# Special tool needed to install Dura Ace chain?



## jafran456 (Jul 8, 2005)

The Shimano website says I need a special tool to install the Dura Ace chain on my road bike? Is this true or can I use any chain tool?

Also, is it possible to install some quick disconnect links on the DA chain in order to make it easier to remove for cleaning? Anyone ever done this? It seems too tedious to have to remove a pin with a special tool, toss the pin because it cannot be reused, and then install a new special pin using a special tool. My goodness!

The chain on my Specialized mountain bike has a quick disconnect link that enables the chain to be removed in 2 seconds. It would be nice to be able to do that on my road bike.


----------



## Sintesi (Nov 13, 2001)

jafran456 said:


> The Shimano website says I need a special tool to install the Dura Ace chain on my road bike? Is this true or can I use any chain tool?
> 
> Also, is it possible to install some quick disconnect links on the DA chain in order to make it easier to remove for cleaning? Anyone ever done this? It seems too tedious to have to remove a pin with a special tool, toss the pin because it cannot be reused, and then install a new special pin using a special tool. My goodness!
> 
> The chain on my Specialized mountain bike has a quick disconnect link that enables the chain to be removed in 2 seconds. It would be nice to be able to do that on my road bike.

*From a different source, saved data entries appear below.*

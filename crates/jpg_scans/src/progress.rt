//! The scans of a file so far, and which may follow (T.81, B.2.3, G.1.1.1).
ghost use Rattle.std.specs.Prelude.{◌≡◌, ◌<◌, ◌≤◌, ℕ, [], ◌∷◌, All, OnErr, List, length, option_map};
ghost use Rattle.jpg_spec.specs.Geometry.{Frame as Numbers};
ghost use Rattle.jpg_spec.specs.History.{has_begun, order_fault};
ghost use Rattle.jpg_spec.specs.Lists.{all_of, any_of, below};
ghost use Rattle.jpg_spec_write.specs.ScriptFaults.{incomplete};
ghost use Rattle.jpg_spec_write.specs.declared.picture_fault.PictureFault.TheVariants.{ScriptIncomplete};
ghost use Rattle.jpg_spec.specs.Segments.{ScanHead as Head, head_components};

use crate::sent::Sent;
use jpg_base::{Fault, Frame, ScanHead};
use jpg_spec_write::PictureFault;

/// The history of the scans of a file: for each component whether it was in a scan, and for each of its coefficients
/// the bit down to which it is known.
#[derive(Drop)]
pub struct Progress {
    is_progressive: bool,
    count: u8,
    components: [Sent; 4],
    ghost few: { count ≤ 4 },
}

impl Progress {
    ghost use Rattle.jpg_scans.specs.Progress.{begun_at, known_at, sent_of, Admits, RepresentsScans};
    ghost use Rattle.jpg_scans.specs.Sent.{first_unknown, is_next_in};

    /// The history of a file of this frame before its first scan.
    pub fn new(frame: &Frame) -> Progress
        ensures { RepresentsScans result frame.now [] }
    {
        frame.checked();
        Progress {
            is_progressive: frame.is_progressive(),
            count: frame.count(),
            components: [Sent::new(); 4],
        }
    }

    /// Takes the next scan, or returns its fault: RepeatedScan in a sequential frame, if one of its components was in a
    /// scan, or Progression in a progressive one, if it isn't the next of each of its components. After a fault nothing
    /// has changed.
    pub fn admit(&mut self, head: &ScanHead) -> Result<(), Fault>
        requires { All (λ p. p.component < 4) head.now.parts }
        ensures exact { Admits self.old head.now result self.new }
        ensures kept { OnErr result (self.new ≡ self.old) }
    {
        match self.fault(head) {
            Some(fault) => Err(fault),
            None => {
                self.note(head);
                Ok(())
            }
        }
    }

    /// The fault of a scan after those so far, as `admit` returns it.
    pub fn fault(&self, head: &ScanHead) -> Option<Fault>
        requires { All (λ p. p.component < 4) head.now.parts }
        ensures { (f : Numbers) (heads : List Head) → RepresentsScans self.now f heads → result ≡ order_fault f heads head.now }
    {
        if self.is_progressive {
            if self.are_next(head) {
                None
            } else {
                Some(Fault::Progression)
            }
        } else if self.has_any(head) {
            Some(Fault::RepeatedScan)
        } else {
            None
        }
    }

    /// Takes a scan that has no fault.
    pub fn note(&mut self, head: &ScanHead)
        requires { All (λ p. p.component < 4) head.now.parts }
        ensures { (f : Numbers) (heads : List Head) → RepresentsScans self.old f heads → RepresentsScans self.new f (head.now ∷ heads) }
    {
        for part in head.parts.as_slice() {
            self.components[part.component as usize].note(head);
        }
    }

    /// Whether each component of the frame was in a scan.
    pub fn is_complete(&self) -> bool
        ensures { (f : Numbers) (heads : List Head) → RepresentsScans self.now f heads → result ≡ all_of (has_begun heads) (below (length f.components)) }
    {
        let mut all = true;
        for i in 0..self.count {
            all = all && self.components[i as usize].is_begun;
        }
        all
    }

    /// The first coefficient that isn't known down to bit 0, component by component in zigzag order, as the fault that
    /// a script's check returns.
    #[tactic(auto, using(crate::proofs::Unknown::next_component, crate::proofs::Unknown::no_component, crate::proofs::Unknown::incomplete_is))]
    pub fn first_unknown(&self) -> Option<PictureFault>
        ensures { (f : Numbers) (heads : List Head) → RepresentsScans self.now f heads → result ≡ incomplete f heads }
    {
        for i in 0..self.count {
            let fault = self.unknown_of(i);
            if fault.is_some() {
                return fault;
            }
        }
        None
    }

    // The first such coefficient of component `i`.
    fn unknown_of(&self, i: u8) -> Option<PictureFault>
        requires { i < 4 }
        ensures { result ≡ option_map (λ k. ScriptIncomplete i k (known_at self.now i k)) (first_unknown (sent_of self.now i) 0) }
    {
        let sent = &self.components[i as usize];
        match sent.first_unknown() {
            None => None,
            Some(coefficient) => Some(PictureFault::ScriptIncomplete {
                component: i,
                coefficient,
                bit: sent.known[coefficient as usize],
            }),
        }
    }

    // Whether one of a scan's components was in an earlier scan.
    fn has_any(&self, head: &ScanHead) -> bool
        requires { All (λ p. p.component < 4) head.now.parts }
        ensures { result ≡ any_of (begun_at self.now) (head_components head.now) }
    {
        for part in head.parts.as_slice() {
            if self.components[part.component as usize].is_begun {
                return true;
            }
        }
        false
    }

    // Whether a scan is the next of each of its components.
    fn are_next(&self, head: &ScanHead) -> bool
        requires { All (λ p. p.component < 4) head.now.parts }
        ensures { result ≡ all_of (λ i. is_next_in (sent_of self.now i) head.now) (head_components head.now) }
    {
        for part in head.parts.as_slice() {
            if !self.components[part.component as usize].is_next(head) {
                return false;
            }
        }
        true
    }
}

Unless they changed the design you just need a standard chain tool and a pair of pliers to snap off the lead pin after it's inserted.

Btw, you don't have to remove a chain to clean it adequately, just lube and wipe down regularly and you'll be fine. If it's really gummed up a little degreaser on a rag will do the trick. Most other chain manufacturers usually have some sort of master link design so you could always go w/ a compatible aftermarket brand and they'll be easier to remove and put back on. Check w/ the LBS to see what they got.


----------



## Stogaguy (Feb 11, 2006)

*9 or 10 speed?*

There are a lot of options for a "quick disconnect link" on a DA chain. If your set-up is 9-speed, the Sram 9-speed version of the "Power Link" will work just fine. I know this from personal experience. From what I read, the 10-speed version of the Power Link will work on a DA chain, but it is not removable / reusable. Wipperman or KMC links might work but do more research before going that direction. The tolerances on 10-speed chain are pretty tight, A link that fits, may not be safe if it fits too snug or loose.


----------



## dhtucker4 (Jul 7, 2004)

I have used a decent chain tool for 9-speed & 10-speed Dura-Ace chains (both work). I had a pain with a small lever on a small chain tool - it was a such a pain in the ass. I like a big lever with a decent steel chain tool. Even a Campagnolo chain tool will work, but not as well. 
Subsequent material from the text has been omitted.